*** Source material ***
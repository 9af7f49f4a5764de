// An answer's number and place in the table of refusals, for whoever hands them on.
#![tactic(auto)]

ghost use Rattle.std.specs.Prelude.{◌≡◌};
ghost use Rattle.rules.specs.Refusals.{number_of, place_of};

use rules::Refusal;

// 0 where nothing is refused.
pub fn number_of(answer: Result<(), Refusal>) -> u64
    ensures { result ≡ number_of answer }
{
    match answer {
        Ok(()) => 0,
        Err(refusal) => refusal.number(),
    }
}

// 0 where nothing is refused, or the row has no other place.
pub fn place_of(answer: Result<(), Refusal>) -> usize
    ensures { result ≡ place_of answer }
{
    match answer {
        Ok(()) => 0,
        Err(refusal) => refusal.place(),
    }
}

// An answer as programs in C get it: its number and its place.
#[repr(C)]
#[derive(Clone, Copy, Debug, PartialEq, Eq)]
pub struct NumberedAnswer {
    pub number: u64,
    pub place: u64,
}

impl From<Result<(), Refusal>> for NumberedAnswer {
    ghost from_gives = { λ answer r. r ≡ record { number = number_of answer; place = place_of answer } };

    fn from(answer: Result<(), Refusal>) -> Self {
        NumberedAnswer {
            number: number_of(answer),
            place: place_of(answer) as u64,
        }
    }
}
*** End of Source material ***
#### What you should do:
All of the data above should be transcribed exactly.

#### Exercise response:
repository 9af7f49f4a5764de
// An answer's number and place in the table of refusals, for whoever hands them on.
#![tactic(auto)]

ghost use Rattle.std.specs.Prelude.{◌≡◌};
ghost use Rattle.rules.specs.Refusals.{number_of, place_of};

use rules::Refusal;

// 0 where nothing is refused.
pub fn number_of(answer: Result<(), Refusal>) -> u64
    ensures { result ≡ number_of answer }
{
    match answer {
        Ok(()) => 0,
        Err(refusal) => refusal.number(),
    }
}

// 0 where nothing is refused, or the row has no other place.
pub fn place_of(answer: Result<(), Refusal>) -> usize
    ensures { result ≡ place_of answer }
{
    match answer {
        Ok(()) => 0,
        Err(refusal) => refusal.place(),
    }
}

// An answer as programs in C get it: its number and its place.
#[repr(C)]
#[derive(Clone, Copy, Debug, PartialEq, Eq)]
pub struct NumberedAnswer {
    pub number: u64,
    pub place: u64,
}

impl From<Result<(), Refusal>> for NumberedAnswer {
    ghost from_gives = { λ answer r. r ≡ record { number = number_of answer; place = place_of answer } };

    fn from(answer: Result<(), Refusal>) -> Self {
        NumberedAnswer {
            number: number_of(answer),
            place: place_of(answer) as u64,
        }
    }
}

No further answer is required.